NAHA, Okinawa Pref. – Seiko Higa, mayor of Ginowan, Okinawa Prefecture, offered to resign Wednesday, one day after he was arrested for allegedly receiving illegal donations in a 2001 election.
The resignation, offered to the city government through Higa’s lawyer, is expected to result in an April 27 mayoral election as part of nationwide local elections.
But Higa, 64, continued to deny any connection with the donations, police sources said.
Police searched his residence and offices Wednesday, including the mayor’s office at City Hall.
Deputy Mayor Tatsuo Matayoshi said he has become acting mayor of the city, which is known for the presence of a contentious U.S. air base.
Higa supported the planned transfer of the Marine Corps Futenma Air Station to a planned military-civilian airport in Nago, Okinawa Prefecture, when he sought re-election in 2001.
His arrest has prompted speculation that the transfer plan by the national and Okinawa prefectural governments may be delayed.
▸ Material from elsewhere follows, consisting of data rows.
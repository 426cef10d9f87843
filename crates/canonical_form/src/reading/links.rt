//! Reads the ports of an instance.
ghost use Rattle.std.specs.Prelude.{◌≡◌, ℕ, ◌≤◌, ◌<◌, List, [], length, IsTrue, IfOk, IfErr, IfSome, None};
ghost use Rattle.std.specs.Fmt.{decimal};
ghost use Rattle.prod_model.specs.Limits.{most_instances};
ghost use Rattle.prod_model.specs.Taxonomy.{ports_of};
ghost use Rattle.config_value.specs.Spelled.{is_spelled_links};
ghost use Rattle.canonical_form.specs.steps.Pieces.{numbers_piece, port_piece};
ghost use Rattle.canonical_form.specs.AnswerParts.{behind_number, behind_links, links_end};
ghost use Rattle.canonical_form.specs.steps.FirstRows.{AreFirsts};
ghost use Rattle.canonical_form.specs.steps.Grammar.{at_members};
ghost use Rattle.canonical_form.specs.steps.Reading.{Takes, TakesNone, AddsLinks, AreLinks, Refuses, ascends_from, begins_with_digit, is_link_from};

use super::tokens::{Reach, behind_byte, behind_sign, number_of, split_token};
use crate::fault::{AnswerRefusal, PartCode};
use crate::names::KnownTypes;
use prod_model::limits::MOST_INSTANCES;
use prod_model::{Items, PortDecl};
use std::alloc::{AllocError, Global};

/// A number from `low` on, below the greatest number of instances, and what stands behind it.
fn read_link(low: u32, bytes: &[u8]) -> Option<(u32, &[u8])>
    ensures found { IfSome result (λ r. (low ≤ r.0) × (r.0 < most_instances)
        × Takes (decimal r.0) behind_number bytes.now r.1.now) }
    ensures none { result ≡ None → (j : ℕ) (rest : List ℕ) → low ≤ j → j < most_instances
        → ¬ Takes (decimal j) behind_number bytes.now rest }
{
    let (digits, rest) = split_token(Reach::Number, bytes);
    let link = number_of(digits)?;
    if !is_link(low, link) {
        return None;
    }
    Some((link as u32, rest))
}

fn is_link(low: u32, link: i64) -> bool
    ensures { result ≡ is_link_from low link }
{
    i64::from(low) <= link && link < MOST_INSTANCES as i64
}

/// Appends the links that the bytes begin with, each from `low` and above the one before it, with
/// commas between them. It answers what stands behind them, or nothing where they aren't so.
fn put_links<'a>(
    links: &mut Items<u32>,
    low: u32,
    bytes: &'a [u8],
) -> Result<Option<&'a [u8]>, AllocError>
    ensures found { IfOk result (λ found. IfSome found (λ rest.
        AddsLinks low links.old links.new bytes.now rest.now)) }
    ensures none { IfOk result (λ found. found ≡ None → TakesNone numbers_piece
        (λ js. behind_links) (ascends_from low) bytes.now) }
{
    let Some((link, rest)) = read_link(low, bytes) else {
        return Ok(None)
    };
    links.push(link)?;
    let Some(next) = behind_byte(b',', rest) else {
        return Ok(Some(rest))
    };
    put_links(links, link + 1, next)
}

/// The links of a port, none where no number is next, and what stands behind them.
fn read_links<'a>(
    alloc: Global,
    bytes: &'a [u8],
) -> Result<Option<(Items<u32>, &'a [u8])>, AllocError>
    ensures found { IfOk result (λ found. IfSome found (λ r. IsTrue (is_spelled_links r.0)
        × Takes (numbers_piece r.0) (links_end r.0) bytes.now r.1.now)) }
    ensures none { IfOk result (λ found. found ≡ None
        → TakesNone numbers_piece links_end is_spelled_links bytes.now) }
{
    let mut links = Items::new(alloc);
    if !begins_with_digit(bytes) {
        return Ok(Some((links, bytes)));
    }
    let Some(rest) = put_links(&mut links, 0, bytes)? else {
        return Ok(None)
    };
    Ok(Some((links, rest)))
}

fn begins_with_digit(bytes: &[u8]) -> bool
    ensures { result ≡ begins_with_digit bytes.now }
{
    match bytes {
        [] => false,
        [first, ..] => first.is_ascii_digit(),
    }
}

/// The links of a port, and what stands behind them.
#[tactic(auto, unfolding(crate::specs::steps::Pieces::port_piece))]
fn read_port<'a>(
    alloc: Global,
    first: &PortDecl,
    bytes: &'a [u8],
) -> Result<Option<(Items<u32>, &'a [u8])>, AllocError>
    ensures found { IfOk result (λ found. IfSome found (λ r. IsTrue (is_spelled_links r.0)
        × Takes (port_piece (first.now, r.0)) (links_end r.0) bytes.now r.1.now)) }
    ensures none { IfOk result (λ found. found ≡ None → TakesNone
        (λ links. port_piece (first.now, links)) links_end is_spelled_links bytes.now) }
{
    let Some(rest) = behind_sign(first.name.bytes(), b':', bytes) else {
        return Ok(None)
    };
    read_links(alloc, rest)
}

/// Links of all ports of a type, in the line of an instance, and what stands behind them. It goes
/// once over the ports. Refused at `Port` where one is not there with links that can be written.
pub fn read_ports<'a>(
    alloc: Global,
    known: &KnownTypes,
    number: u32,
    kind: u32,
    bytes: &'a [u8],
) -> Result<(Items<Items<u32>>, &'a [u8]), AnswerRefusal>
    requires typed { kind < length known.now.problem.now.types }
    requires firsts { AreFirsts known.now.problem.now known.now.rows.items }
    requires few { number < most_instances }
    ensures read { IfOk result
        (λ r. AreLinks known.now.problem.now number kind bytes.now r.0 r.1.now) }
    ensures refused { IfErr result (Refuses known.now.problem.now
        (at_members number [] (ports_of known.now.problem.now.types kind)) bytes.now) }
{
    let mut ports = Items::new(alloc);
    let mut rest = bytes;
    for first in &known.rows[kind as usize].ports {
        let Some((links, after)) = read_port(alloc, first, rest)? else {
            return Err(AnswerRefusal::at(number + 2, PartCode::Port));
        };
        ports.push(links)?;
        rest = after;
    }
    Ok((ports, rest))
}
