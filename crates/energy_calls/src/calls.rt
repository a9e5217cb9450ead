// What a call on a channel carries, and the number of what it answers.
ghost use Rattle.std.specs.Prelude.{◌≡◌};
ghost use Rattle.words.specs.Answers.{number_in};
ghost use Rattle.energy_calls.specs.Calls.{reading_of, opening_of, count_of, told};

use words::answers::Refusal;

// What is seen at a moment: the tick in ms, the status register, and the boot number of the machine, which each of its restarts changes.
#[derive(Clone, Copy)]
pub struct Reading {
    pub tick: u64,
    pub status: u64,
    pub boot: u32,
}

// What an opening is handed: energy unit, gap limit in ms, and what is seen.
#[derive(Clone, Copy)]
pub struct Opening {
    pub unit: u64,
    pub gap: u32,
    pub seen: Reading,
}

// A call on one channel. Ask is the question for its total.
#[derive(Clone, Copy)]
pub enum Call {
    Open(Opening),
    Read(Reading),
    Resume(Reading),
    Close,
    Ask,
}

pub fn reading_of(tick: u64, status: u64, boot: u32) -> Reading
    ensures answer { result ≡ reading_of tick status boot }
{
    Reading { tick, status, boot }
}

pub fn opening_of(unit: u64, gap: u32, tick: u64, status: u64, boot: u32) -> Opening
    ensures answer { result ≡ opening_of unit gap tick status boot }
{
    Opening {
        unit,
        gap,
        seen: reading_of(tick, status, boot),
    }
}

// The count is bits 31:0 of the status register.
#[tactic(auto, using(fields::proofs::FieldLaws::field_lt))]
pub fn count_of(status: u64) -> u32
    ensures answer { result ≡ count_of status }
{
    fields::bits::field(status, 0, 32) as u32
}

// The refusal's number, 0 where the call was accepted. Opening, reading and resuming give nothing, closing and asking a total: the number is 0
// beside either, and each is said for itself, which `words::answers::number_of` of any type can't.
pub fn number_of(answered: Result<Option<u64>, Refusal>) -> u8
    ensures answer { result ≡ number_in (told answered) }
{
    match answered {
        Ok(None) => 0,
        Ok(Some(_)) => 0,
        Err(refusal) => refusal.0,
    }
}
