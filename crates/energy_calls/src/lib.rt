// What a call on an energy channel carries, and what it answers (document 01, "Energy channels"; document 02, request 4). No call asks
// anything of its caller.
#![tactic(auto)]

pub mod calls;
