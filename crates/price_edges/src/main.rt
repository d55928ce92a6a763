// Runs the edges of document 01's price through the call: a line for each, with the number, A, B and the double's bits.
// A line that can't be printed is passed over.
#![tactic(auto)]

use yard::{PriceAnswer, Timings};

// A double's bits, and none for not-a-number, which has many patterns.
fn bits(x: f64) -> u64 {
    if x.is_nan() { 0 } else { x.to_bits() }
}

fn edge(rt: &impl Print, name: &str, steps: usize, passes: usize, timings: Timings) {
    let PriceAnswer {
        number,
        a,
        b,
        price,
    } = price::price(steps, passes, timings).into();
    let price = bits(price);
    let _ = println!(rt; "{number} {a} {b} {price:016x} {name}");
}

// What is no timing, as a pull and as a push.
fn not_allowed(rt: &impl Print) {
    let doubles = [
        ("not-a-number", 0.0 / 0.0),
        ("infinity", 1.0 / 0.0),
        ("minus infinity", -1.0 / 0.0),
        ("negative zero", -0.0),
        ("minus 1/16", -0.0625),
        ("0.1", 0.1),
        ("1/32", 0.03125),
        ("4096 and 1/16", 4096.0625),
        ("the double after 4096", 4096.000000000001),
        ("the smallest double", 5e-324),
        ("the largest double", 1.7976931348623157e308),
    ];
    for (name, x) in doubles {
        edge(
            rt,
            name,
            2,
            3,
            Timings {
                pull: x,
                push: 0.25,
            },
        );
        edge(rt, name, 2, 3, Timings { pull: 1.5, push: x });
    }
}

// Which refusal comes first, and prices.
fn nights(rt: &impl Print) {
    let nights = [
        ("both timings, pull first", 2, 3, 0.1, 0.1),
        ("17 steps before the rest", 17, 69633, 0.1, 0.1),
        ("69633 passes before the timings", 16, 69633, 0.1, 0.1),
        ("2 at 1.5 and 3 at 0.25: 3.75", 2, 3, 1.5, 0.25),
        ("both zero: 0", 16, 69632, 0.0, 0.0),
        ("no steps, no passes: 0", 0, 0, 4096.0, 4096.0),
        ("1 at 1/16: 1/16", 1, 0, 0.0625, 4096.0),
        (
            "1 at 1/16 and 1 at 4096: 4096 and 1/16",
            1,
            1,
            0.0625,
            4096.0,
        ),
        ("document 01's largest: 18907136", 8, 4608, 4096.0, 4096.0),
        ("the largest: 285278208", 16, 69632, 4096.0, 4096.0),
    ];
    for (name, steps, passes, pull, push) in nights {
        edge(rt, name, steps, passes, Timings { pull, push });
    }
}

fn main(rt: HostRuntime) {
    not_allowed(&rt);
    nights(&rt);
}
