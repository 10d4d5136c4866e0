// Two kinds of party as examples, and the sharing tried on them.
#![tactic(auto)]

mod kinds;
mod parties;
#[cfg(test)]
mod tests;

pub use kinds::{Load, Recipient};
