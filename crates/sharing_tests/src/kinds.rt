ghost use Rattle.std.specs.Prelude.{◌≤◌};

// A load, with an obligation of either sign in hundredths of a megawatt and its charge in cents.
#[derive(Clone, Copy)]
pub struct Load {
    pub obligation: i32,
    pub charge: i128,
}

// A resource that takes part in the penalties of its zone by a weight that is never negative:
// at most 200,000 an hour, over the 48 hours that the events of a month have at most.
#[derive(Clone, Copy)]
pub struct Recipient {
    pub weight: u32,
    pub credit: i128,
    ghost small: { weight ≤ 9600000 },
}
Opponents hope the agreed return of the Futenma site to Japan from the U.S. forces will lead to a reduction in the heavy U.S. military presence in Okinawa.
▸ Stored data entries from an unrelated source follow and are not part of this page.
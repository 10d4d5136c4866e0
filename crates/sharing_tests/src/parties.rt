ghost use Rattle.std.specs.Prelude.{pos};
ghost use Rattle.sharing_tests.specs.Kinds.{charged, credited};
ghost use Rattle.std.proofs.Common.{rules};

use crate::kinds::{Load, Recipient};
use sharing::Party;

impl Party for Load {
    ghost weighs = { λ l. l.obligation };

    ghost took = { λ l. l.charge };

    ghost given = { charged };

    ghost takes = { Prim.search rules };

    ghost keeps = { Prim.search rules };

    fn weight(&self) -> i32 {
        self.obligation
    }

    fn take(&mut self, share: i128) {
        self.charge = share;
    }
}

impl Party for Recipient {
    ghost weighs = { λ r. pos r.weight };

    ghost took = { λ r. r.credit };

    ghost given = { credited };

    ghost takes = { Prim.search rules };

    ghost keeps = { Prim.search rules };

    fn weight(&self) -> i32 {
        self.weight as i32
    }

    fn take(&mut self, share: i128) {
        self.credit = share;
    }
}
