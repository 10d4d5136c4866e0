use crate::kinds::{Load, Recipient};
use sharing::{floor_div, share};
use std::process::Abort;

// A load that has a charge of an earlier sharing.
fn load(obligation: i32) -> Load {
    Load {
        obligation,
        charge: 7,
    }
}

#[test]
fn divisions_round_down(rt: HostRuntime) {
    let divisions = [
        (100, 3, 33),
        (-100, 3, -34),
        (-99, 3, -33),
        (-1, 200000, -1),
        (0, 5, 0),
        (i128::MIN, 1, i128::MIN),
        (i128::MAX, 1, i128::MAX),
        (7, 0, 0),
        (-7, 0, 0),
        (7, -2, 0),
        (i128::MIN, -1, 0),
    ];
    for (a, b, quotient) in divisions {
        assert_eq!(rt; floor_div(a, b), quotient);
    }
}

// An amount over three loads: their charges, and what is left.
fn shares(rt: &impl Abort, amount: i64, obligations: [i32; 3], charges: [i128; 3], left: i64) {
    let mut loads = obligations.map(load);
    assert_eq!(rt; share(amount, &mut loads), Some(left));
    assert_eq!(rt; loads.map(|load| load.charge), charges);
}

#[test]
fn three_loads(rt: HostRuntime) {
    shares(&rt, 100, [1, 1, 1], [33, 33, 33], 1);
    shares(&rt, -100, [1, 1, 1], [-34, -34, -34], 2);
    shares(&rt, 101, [3, -1, 0], [151, -51, 0], 1);
    // nothing to share by
    shares(&rt, 101, [2, -2, 0], [0, 0, 0], 101);
    shares(&rt, -101, [2, -3, 0], [0, 0, 0], -101);
    // the widest figures
    let wide = i128::from(i64::MIN) * i128::from(i32::MAX);
    shares(
        &rt,
        i64::MIN,
        [i32::MAX, -i32::MAX, 1],
        [wide, -wide, i128::from(i64::MIN)],
        0,
    );
}

#[test]
fn few_and_many(rt: HostRuntime) {
    let mut nobody: [Load; 0] = [];
    assert_eq!(rt; share(5, &mut nobody), Some(5));
    let mut most = [load(1); 64];
    assert_eq!(rt; share(129, &mut most), Some(1));
    assert_eq!(rt; [most[0].charge, most[63].charge], [2, 2]);
    let mut many = [load(1); 65];
    assert_eq!(rt; share(130, &mut many), None);
    assert_eq!(rt; [many[0].charge, many[64].charge], [7, 7]);
}

fn recipient(weight: u16) -> Recipient {
    Recipient {
        weight: u32::from(weight) * 100,
        credit: 7,
    }
}

#[test]
fn recipients_by_weight(rt: HostRuntime) {
    let mut recipients = [recipient(60000), recipient(0), recipient(20000)];
    assert_eq!(rt; share(27000001, &mut recipients), Some(1));
    assert_eq!(rt;
        recipients.map(|recipient| recipient.credit),
        [20250000, 0, 6750000]
    );
}
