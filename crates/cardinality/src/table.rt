// Counts noted in the working room: two words for each node, the bits of its count, from a base on.
ghost use Rattle.std.specs.Prelude.{◌≡◌, not, ◌^◌, ◌<◌, T};
ghost use Rattle.std.specs.Float.{binary64};
ghost use Rattle.std.specs.Float.Ieee.{nan_bits, is_nan, of_bits, to_bits};
ghost use Rattle.cardinality.specs.Table.{In, bits_at, Noted};

use diagram::node::BddPointer;

// A word where its product has room.
fn wide(x: u32) -> u64
    ensures { (result ≡ x) × (result < 2 ^ 32) }
{
    x as u64
}

fn bits_at(room: &[u32], base: usize, node: BddPointer) -> u64
    requires { In base room.now node.0 }
    ensures { result ≡ bits_at base room.now node.0 }
{
    let at = base + 2 * node.to_index();
    wide(room[at]) + wide(room[at + 1]) * 4294967296
}

// The count of a node.
pub(crate) fn count_at(room: &[u32], base: usize, node: BddPointer) -> f64
    requires { In base room.now node.0 × T (not (nan_bits binary64 (bits_at base room.now node.0))) }
    ensures { result ≡ of_bits binary64 (bits_at base room.now node.0) }
{
    f64::from_bits(bits_at(room, base, node))
}

fn note_bits(room: &mut [u32], base: usize, node: BddPointer, bits: u64)
    requires { In base room.old node.0 }
    ensures { Noted base room.old node.0 bits room.new }
{
    let at = base + 2 * node.to_index();
    room[at] = (bits % 4294967296) as u32;
    room[at + 1] = (bits / 4294967296) as u32;
}

// Writes the count of a node.
pub(crate) fn note(room: &mut [u32], base: usize, node: BddPointer, count: f64)
    requires { In base room.old node.0 × T (not (is_nan count)) }
    ensures { Noted base room.old node.0 (to_bits binary64 count) room.new }
{
    note_bits(room, base, node, f64::to_bits(count));
}
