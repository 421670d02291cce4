// The count of a diagram's valuations as an f64: exact up to 2^53, and rounded once at each node beyond.
#![tactic(auto)]

mod floats;
mod table;
mod total;
mod walk;

ghost use Rattle.diagram.specs.Verdict.{value_in, verdict_in};
ghost use Rattle.cardinality.specs.Cardinality.{nought, CountsFloat};

use diagram::verdict::{Finding, Output, Refused};
use diagram_check::validate::admit;
use total::total;

// Words of working room that are used for each node: a link and the bits of a count.
const USED: usize = 3;

// How many valuations the diagram holds for, skipped variables included.
pub fn cardinality(words: &[u32], room: &mut [u32]) -> Result<Finding<f64>, Refused>
    ensures { CountsFloat words.now room.old room.new (verdict_in result) (value_in nought result) }
{
    let extent = admit(words, room, Output::Nothing)?;
    let used = USED * extent.nodes;
    let value = total(words, &mut room[..used], extent.nodes, extent.vars);
    Ok(Finding { extent, value })
}
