// The floats that the counts begin with, and the powers of two that scale them.
ghost use Rattle.std.specs.Prelude.{◌≡◌, ◌<◌};
ghost use Rattle.cardinality.specs.Cardinality.{nought as zeroFloat, power_of_two};

// 0.0
pub(crate) fn nought() -> f64
    ensures { result ≡ zeroFloat }
{
    0.0
}

// 2^k, made from its bits: the exponent's field is k above that of 1.0, and all digits below the leading one are zero.
pub(crate) fn power_of_two(k: u32) -> f64
    requires { k < 1024 }
    ensures { result ≡ power_of_two k }
{
    f64::from_bits((1023 + k as u64) * 4503599627370496)
}
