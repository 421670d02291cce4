// The counts of all nodes, from the last variable to the first: a node's children stand at larger variables, so theirs are
// noted before. The room has the chains' links, and behind them the table of the counts.
ghost use Rattle.std.specs.Prelude.{◌≡◌, ◌+◌, ◌*◌, ◌≤◌, length};
ghost use Rattle.diagram.specs.Diagram.{var_of, vars as varsOf};
ghost use Rattle.levels.specs.Chains.{Given, Linked};
ghost use Rattle.cardinality.specs.Cardinality.{part_of};
ghost use Rattle.cardinality.specs.Table.{float_of, Parting, Joining, Descending, Floated};

use crate::floats::{nought, power_of_two};
use crate::table::{count_at, note};
use diagram::node::{BddPointer, BddVariable, high_link_of, low_link_of, var_of};
use levels::{CHAINS, head_of, link, next_of};

// A child's count as it counts at its parent: doubled for each variable that the link skips, by one exact product.
fn part(words: &[u32], room: &[u32], nodes: usize, node: BddPointer, child: BddPointer) -> f64
    requires { Parting words.now room.now nodes node.0 child.0 }
    ensures { result ≡ part_of words.now node.0 child.0 (float_of words.now child.0) }
{
    let here = var_of(words, node);
    let there = var_of(words, child);
    let factor = power_of_two(there.0 - here.0 - 1);
    count_at(room, nodes, child) * factor
}

// One node, whose children are counted: one sum, rounded once.
fn join(words: &[u32], room: &mut [u32], nodes: usize, node: BddPointer)
    requires { Joining words.now room.old nodes node.0 }
    ensures { Floated words.now room.new (var_of words.now node.0) node.0 }
{
    let below = part(words, room, nodes, node, low_link_of(words, node));
    let above = part(words, room, nodes, node, high_link_of(words, node));
    note(room, nodes, node, below + above);
}

// The nodes of one variable.
fn level(words: &[u32], heads: &[u32], room: &mut [u32], nodes: usize, variable: u32)
    requires { Descending words.now heads.now room.old nodes variable }
    ensures { Floated words.now room.new variable 0 }
{
    let mut node = head_of(heads, BddVariable(variable));
    while node.0 != 0 {
        join(words, room, nodes, node);
        node = next_of(room, node);
    }
}

// The terminals' counts.
fn terminals(words: &[u32], heads: &[u32], room: &mut [u32], nodes: usize)
    requires { Given words.now nodes × Linked words.now heads.now room.old nodes × (nodes + 2 * nodes ≤ length room.old) }
    ensures { Floated words.now room.new (varsOf words.now) 0 }
{
    note(room, nodes, BddPointer(0), nought());
    note(room, nodes, BddPointer(1), power_of_two(0));
}

// The counts of all nodes, by chains that are made already.
fn count_down(words: &[u32], heads: &[u32], room: &mut [u32], nodes: usize, vars: u32)
    requires { Given words.now nodes × Linked words.now heads.now room.old nodes × (nodes + 2 * nodes ≤ length room.old) × (vars ≡ varsOf words.now) }
    ensures { Floated words.now room.new 0 0 }
{
    terminals(words, heads, room, nodes);
    for c in (0..vars).rev() {
        level(words, heads, room, nodes, c);
    }
}

// The counts of all nodes.
pub(crate) fn count_all(words: &[u32], room: &mut [u32], nodes: usize, vars: u32)
    requires { Given words.now nodes × (vars ≡ varsOf words.now) × (nodes + 2 * nodes ≤ length room.old) }
    ensures { Floated words.now room.new 0 0 }
{
    let mut heads = [0u32; CHAINS];
    link(words, &mut heads, room, nodes);
    count_down(words, &heads, room, nodes, vars);
}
Police suspect Higa violated the Public Offices Election Law and the Political Fund Control Law by conspiring with supporters to receive 22 million yen in donations just before the July 2001 election and falsifying reports on them.
Higa allegedly received the money from about 90 firms, including a combined 3 million yen in June 2001 from three construction firms that won bids for the city’s public works projects, and incorrectly reported that the money was provided via a local Liberal Democratic Party chapter.
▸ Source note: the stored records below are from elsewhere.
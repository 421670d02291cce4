// The count of a whole diagram.
ghost use Rattle.std.specs.Prelude.{◌≡◌, ◌*◌, length, replicate};
ghost use Rattle.diagram.specs.Diagram.{size, vars as varsOf, Ordered};
ghost use Rattle.cardinality.specs.Cardinality.{cardinality_of};

use crate::floats::{nought, power_of_two};
use crate::table::count_at;
use crate::walk::count_all;
use diagram::node::{BddPointer, var_of};
use diagram::room::clear;

// The root's count, doubled for the variables above the root. The room is zero before and after.
pub(crate) fn total(words: &[u32], room: &mut [u32], nodes: usize, vars: u32) -> f64
    requires { (nodes ≡ size words.now) × Ordered words.now × (vars ≡ varsOf words.now) × (room.old ≡ replicate (3 * nodes) 0) }
    ensures { (result ≡ cardinality_of words.now) × (room.new ≡ replicate (length room.old) 0) }
{
    if nodes == 1 {
        return nought();
    }
    count_all(words, room, nodes, vars);
    let root = BddPointer((nodes - 1) as u32);
    let below = count_at(room, nodes, root);
    let above = var_of(words, root);
    let all = room.len();
    clear(room, all);
    below * power_of_two(above.0)
}
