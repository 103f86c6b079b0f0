ghost use Rattle.std.specs.Prelude.{◌≡◌, None};
ghost use Rattle.std.specs.declared.option.Option.{Option};

use crate::Clock;
use std::time;
use zbase::{Failed, FaultCount};

/// The clock of the system. It tells only how often it has failed; a moment before 1970 is a fault, since the system's
/// clock tells none.
#[derive(Drop)]
pub struct SystemClock<R> {
    rt: R,
    faults: FaultCount,
}

impl<R: time::Clock> SystemClock<R> {
    /// The clock that this handle reaches, which has not failed so far.
    pub fn new(rt: R) -> SystemClock<R>
        ensures count { (⟦<SystemClock<R> as Clock>⟧.counter result).count ≡ 0 }
    {
        SystemClock {
            rt,
            faults: FaultCount::new(),
        }
    }
}

impl<R: time::Clock> Clock for SystemClock<R> {
    ghost ticks = { λ _. None };

    ghost counter = { λ clock. clock.faults };

    fn now(&mut self) -> Result<(i64, u32), Failed> {
        let Ok(since) = self.rt.since_1970() else {
            return Err(self.faults.fault());
        };
        match i64::try_from(since.as_secs()) {
            Ok(seconds) => Ok((seconds, since.subsec_nanos())),
            Err(_) => Err(self.faults.fault()),
        }
    }
}
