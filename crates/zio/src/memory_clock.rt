ghost use Rattle.std.specs.Prelude.{◌≡◌, IsTrue, List, Some, drop};
ghost use Rattle.std.specs.List.{list_all};
ghost use Rattle.std.specs.declared.option.Option.{Option};
ghost use Rattle.zbase.specs.Faults.{Counter};
ghost use Rattle.zio.specs.Clocks.{Tick, is_tick};

use crate::Clock;
use std::marker::Model;
use zbase::{Failed, FaultPlan};

/// A clock that tells the moments of a list, one a call, and then the first moment of 1970.
///
/// Contracts see the moments that it is going to answer, and its count of faults. Each question counts as one
/// call of the plan.
#[derive(Drop)]
pub struct MemoryClock {
    ticks: Vec<(i64, u32)>,
    told: usize,
    plan: FaultPlan,
}

impl Model for MemoryClock {
    ghost Value = { List Tick × Counter };

    ghost view = { λ clock. (drop clock.told clock.ticks.items, clock.plan) };

    ghost invariant = { λ clock. IsTrue (list_all is_tick clock.ticks.items) };
}

impl MemoryClock {
    /// A clock that answers these moments, and whose calls fail as the plan says.
    ///
    /// A moment is whole seconds since 1970-01-01 in UTC, and nanoseconds below 1,000,000,000.
    pub fn new(ticks: Vec<(i64, u32)>, plan: FaultPlan) -> MemoryClock
        requires nanos { IsTrue (list_all is_tick ticks.items) }
        ensures ticks { ⟦<MemoryClock as Clock>⟧.ticks result ≡ Some ticks.items }
        ensures counter { ⟦<MemoryClock as Clock>⟧.counter result ≡ plan }
    {
        MemoryClock {
            ticks,
            told: 0,
            plan,
        }
    }
}

impl Clock for MemoryClock {
    ghost ticks = { λ clock. Some clock.0 };

    ghost counter = { λ clock. clock.1 };

    fn now(&mut self) -> Result<(i64, u32), Failed> {
        self.plan.call()?;
        let Some(tick) = self.ticks.get(self.told) else {
            return Ok((0, 0));
        };
        let tick = *tick;
        self.told += 1;
        Ok(tick)
    }
}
The Public Offices Election Law prohibits politicians’ support groups from receiving donations from firms that have won contracts for public works projects.
Some senior officials in Higa’s support group and others involved have already been indicted in the case.
Tokyo and Washington agreed in 1996 that the U.S. would vacate about 21 percent of its facilities in Okinawa, with the transfer of the Futenma base as the deal’s centerpiece.
Okinawa hosts about 75 percent of U.S. military facilities in Japan.